Again, I will give Superpaint a fair try this year.


man, Wisepainter really kind of burst my Duration bubble. I will check into the repackaged Superpaint accusation. If I can switch to Superpaint, i'll definitely save some cash on product. Then again, I really don't mind the extra product cost because I need durability on exterior finishes, ya know.

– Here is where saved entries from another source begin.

//! Loading: from bytes to a program that can run.

ghost use Rattle.std.specs.Prelude.{◌≡◌, ◌<◌, ◌≤◌, ◌^◌, ℕ, List, IfOk, IfErr};
ghost use Rattle.insn.specs.Encoding.{Encodes, slot_count};
ghost use Rattle.insn.specs.Refusal.{IsRefused, IsWhole};
ghost use Rattle.insn.specs.declared.instruction.Insn.{Insn};
ghost use Rattle.insn.specs.declared.refusal.DecodeError.{DecodeError};
ghost use Rattle.semantics.specs.declared.reason.Reason.{Reason};
ghost use Rattle.verifier.specs.Layout.{IsLayoutFault};
ghost use Rattle.verifier.specs.Refusing.{IsVerdict};
ghost use Rattle.insn.specs.declared.decoding.TheConstants.{MAX_SLOTS};
ghost use Rattle.loader.specs.declared.loaded.TheConstants.{BUDGET};
ghost use Rattle.loader.specs.Loads.{IsLoaded, IsLoadRefusal, IsMemoryRefusal, IsUnlessMemory};
ghost use Rattle.loader.specs.Verdicts.{ComesFromWalk, IsWalked};
ghost use Rattle.loader.specs.declared.refusal.LoadError.TheVariants.{Decode, Verify};

use crate::refusal::LoadError;
use insn::{Insn, decode};
use std::alloc::Global;
use std::marker::{Brand, Model};
use std::sync::ledger::{Blank, Ledger};
use verifier::{Refusal, Steps, Verified, verify};

/// The number of abstract steps that the verification of a program may take.
pub const BUDGET: usize = 100_000;

/// What the verification of a program that is loaded in slices may weigh: some four seconds of a processor.
/// See docs/DECISIONS.md, "What work weighs".
pub const WEIGHT: usize = 1 << 32;

/// States the budget, and the weight.
pub fn law_limits()
    ensures budget { BUDGET ≡ 100000 }
    ensures weight { WEIGHT ≡ 2 ^ 32 }
{}

/// A loaded program: its bytes encode it, and every run of it exits. Only [`load`] and [`Loading`](crate::Loading) make
/// one.
#[derive(Drop)]
pub struct Loaded {
    pub(crate) program: Verified,
}

impl Model for Loaded {
    ghost use Rattle.std.specs.Prelude.{List};
    ghost use Rattle.insn.specs.declared.instruction.Insn.{Insn};

    ghost Value = { List Insn };

    ghost view = { λ l. l.program };
}

impl Loaded {
    ghost use Rattle.std.specs.Prelude.{◌≡◌};

    /// Returns the program, which can run.
    pub fn program(&self) -> &Verified
        ensures { result.now ≡ self.now }
    {
        &self.program
    }
}

/// Verifies a program with the budget, and counts its steps.
fn verified_by<L: Ledger>(alloc: Global, code: &[Insn], blank: Blank) -> Result<Verified, Refusal>
    requires name { blank.name ≡ L.name }
    requires parts { blank.parts ≡ L.parts }
    requires some { 0 < L.parts }
    requires few { slot_count code.now ≤ MAX_SLOTS }
    ensures code { IfOk result (λ v. v ≡ code.now) }
    ensures verdict { IsVerdict code.now BUDGET result }
    ensures walked { IsWalked code.now result }
{
    let mut steps = Steps::<L>::new(blank);
    verify(alloc, code, BUDGET, &mut steps)
}

/// Verifies a program with the budget; nothing counts its steps.
fn verified(alloc: Global, code: &[Insn]) -> Result<Verified, Refusal>
    requires few { slot_count code.now ≤ MAX_SLOTS }
    ensures code { IfOk result (λ v. v ≡ code.now) }
    ensures verdict { IsVerdict code.now BUDGET result }
    ensures walked { IsWalked code.now result }
{
    verified_by::<Brand>(alloc, code, Blank::new(1))
}

/// Loads a program: decodes its bytes (RFC 9669, sections 3 to 5) and verifies it.
///
/// # Errors
/// E1 to E7 where the bytes encode no program, as [`decode`] names them. Otherwise V1 to V4 where the layout of the
/// program is faulty, V5 to V16, V18 and V20 where a step could be stuck, and V17 where following its paths needs more
/// than 100,000 steps. E8 and V19 where memory runs out.
pub fn load(alloc: Global, bytes: &[u8]) -> Result<Loaded, LoadError>
    // What is loaded is the program that the bytes encode, and every run of it exits.
    ensures loaded { IfOk result (λ code. IsLoaded code bytes.now) }
    ensures refused { IfErr result (IsLoadRefusal bytes.now) }

    // At most 100,000 steps are made, and V17 and V19 name the slot at which they come.
    ensures verified { ComesFromWalk bytes.now result }

    // Allocation failures aside, the faults of the bytes are named exactly, and so are those of the layout. Memory runs
    // out only where the bytes are whole slots, at most as many as a program may have.
    ensures decode { (e : DecodeError) → IsRefused bytes.now e → IsUnlessMemory (Decode e) result }
    ensures whole { IfErr result (λ e. IsMemoryRefusal e → IsWhole bytes.now) }
    ensures layout { (code : List Insn) (reason : Reason) (slot : ℕ)
        → Encodes code bytes.now → IsLayoutFault code reason slot
        → IsUnlessMemory (Verify (Refusal.Stuck reason slot)) result }
{
    let code = decode(alloc, bytes)?;
    let program = verified(alloc, &code)?;
    Ok(Loaded { program })
}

*for a quick, cheap exterior bomb job, i'll just use A100


----------



## WisePainter

Sorry about the Duration conspiracy I might be wrong..._might_.
I use A100 all the time and it hasn't let me down yet no matter what color I have used.


----------



## Dorman Painting

A-100 is underrated, I've used it for years and it's dependable. If I'm going to use a quality primer, then A 100 is my choice because the primer should help the topcoat. No need to spend big bucks on Duration. Plus, Duration is so hard to work with, it's not painter friendly. The stuff flashes and IMO, doesn't touch up real well. Duration does two things well, it covers and it adheres well, it's workability is where it lets me down. Now A 100 may not cover quite as well in one coat, but the second coat is just as durable as one coat of Duration. Plus, the workability, forgiveness and price make A 100 an easy choice on most exterior jobs I do. 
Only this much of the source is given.